__Provided entries__
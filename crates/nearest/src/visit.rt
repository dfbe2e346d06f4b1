// The search: it recurses through octants, the depth left falling, and takes the closest child first. Its siblings are looked at once it is done: most are
// then too far.
ghost use Rattle.std.specs.Prelude.{◌<◌, ◌≡◌};
ghost use Rattle.model.specs.Layout.{current};
ghost use Rattle.words.specs.Rows.{octant_limit};
ghost use Rattle.traversal.specs.Steps.{SearchReady};
ghost use Rattle.traversal.specs.Spot.{Stood, search_at, siblings_at, split_at};
ghost use Rattle.nearest.specs.Best.{bests, found_of, best_found};
ghost use Rattle.nearest.specs.Steps.{search_after, search_in};

use crate::best::{Best, Search};
use crate::leaf::own;
use colour::Probe;
use colour::distance::square;
use traversal::children::children_in;
use traversal::nearby::turns;
use traversal::octant::{child_at, ends};
use traversal::spot::{Crossing, Spot, root_spot};
use words::layout::{sample_rows, tag as tag_of};
use words::tables::Tables;

// What is asked: the tables, what distances are measured from, and the limit of octant rows, worked out once. It is lent down the recursion: each call hands
// on one address.
#[derive(Clone, Copy)]
struct Asked<'a> {
    tables: Tables<'a>,
    probe: Probe,
    limit: u32,
    ghost limit_is: { limit ≡ octant_limit current tables.octants.now },
}

// The siblings of the closest child, in turn: those that are still close enough.
#[cycle(siblings_split_visit)]
fn siblings(asked: &Asked<'_>, row: u32, at: Crossing, search: &mut Search)
    requires same { at.probe ≡ asked.now.probe }
    requires row_bound { row < octant_limit current asked.now.tables.octants.now }
    requires ready { SearchReady asked.now.tables.samples.now asked.now.tables.octants.now (search_in search.old) }
    ensures { search.new
        ≡ search_after
        (siblings_at (bests asked.now.tables.samples.now at.probe) asked.now.tables.samples.now asked.now.tables.octants.now at.probe row at.spot)
        search.old }
{
    let far = at.far();
    for turn in children_in(turns(search.distance, at.spot.near, far)) {
        let next = child_at(asked.tables.octants, row, at.fork.first ^ turn);
        let near = at.sibling_near(far, turn);
        if search.reaches(next, asked.limit, near.sum()) {
            visit(asked, next, at.sibling(near, turn), search);
        }
    }
}

// A split octant: the closest child, and then its siblings. (In a function of its own: in `visit`, what is handed on would be copied in pieces.)
#[cycle(siblings_split_visit)]
fn split(asked: &Asked<'_>, row: u32, at: Crossing, search: &mut Search)
    requires same { at.probe ≡ asked.now.probe }
    requires row_bound { row < octant_limit current asked.now.tables.octants.now }
    requires ready { SearchReady asked.now.tables.samples.now asked.now.tables.octants.now (search_in search.old) }
    ensures { search.new
        ≡ search_after
        (split_at (bests asked.now.tables.samples.now at.probe) asked.now.tables.samples.now asked.now.tables.octants.now at.probe row at.spot)
        search.old }
{
    let next = child_at(asked.tables.octants, row, at.fork.first);
    let to = at.closest();
    if search.reaches(next, asked.limit, to.near.sum()) {
        visit(asked, next, to, search);
    }
    siblings(asked, row, at, search);
}

// Enters the octant in a row: its own samples are measured, or its children are searched.
#[cycle(siblings_split_visit)]
fn visit(asked: &Asked<'_>, row: u32, spot: Spot, search: &mut Search)
    requires stood { (Stood asked.now.probe spot) × (row < octant_limit current asked.now.tables.octants.now) }
    requires ready { SearchReady asked.now.tables.samples.now asked.now.tables.octants.now (search_in search.old) }
    requires search_bound { search.old.entered < octant_limit current asked.now.tables.octants.now }
    ensures { search.new
        ≡ search_after
        (search_at (bests asked.now.tables.samples.now asked.now.probe) asked.now.tables.samples.now asked.now.tables.octants.now asked.now.probe row spot)
        search.old }
{
    search.enter();
    if ends(&asked.tables, false, spot.cube.depth, row) {
        own(&asked.tables, asked.probe, row, search);
        return;
    }
    split(asked, row, Crossing::new(asked.probe, spot), search);
}

// What is found, with its tag: nothing, if the closest is still at the limit. The row is tested before it is read.
fn found_of(samples: &[u32], search: &Search, limit: u64) -> Option<Best>
    ensures { result ≡ found_of samples.now limit (search_in search.now).kept }
{
    if limit <= search.distance {
        return None;
    }
    let row = search.row as usize;
    if row < sample_rows(samples.len()) {
        return Some(Best {
            distance: search.distance,
            row: row as u32,
            tag: tag_of(samples, row),
        });
    }
    Some(Best {
        distance: search.distance,
        row: 0,
        tag: 0,
    })
}

// Nearest over codes: the root is entered if it is there.
#[tactic(auto, unfolding(crate::specs::Best::best_found), using(crate::proofs::Laws::Starting::begin_ready, crate::proofs::Laws::Starting::begin_room, crate::proofs::Laws::Starting::from_root, crate::proofs::Laws::Starting::no_root, traversal::proofs::Laws::Search::Spots::root_stood))]
pub fn nearest(tables: &Tables<'_>, p: Probe, radius: u32) -> Option<Best>
    ensures { result ≡ best_found tables.now.samples.now tables.now.octants.now p radius }
{
    let most = square(radius);
    let mut search = Search::new(most);
    let limit = tables.octant_limit();
    if 0 < limit {
        let asked = Asked {
            tables: *tables,
            probe: p,
            limit,
        };
        visit(&asked, 0, root_spot(p), &mut search);
    }
    found_of(tables.samples, &search, most)
}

__Requirement__
Go through the entries above and copy out every line that includes the word "still".

__Exercise result__
// The siblings of the closest child, in turn: those that are still close enough.
// What is found, with its tag: nothing, if the closest is still at the limit. The row is tested before it is read.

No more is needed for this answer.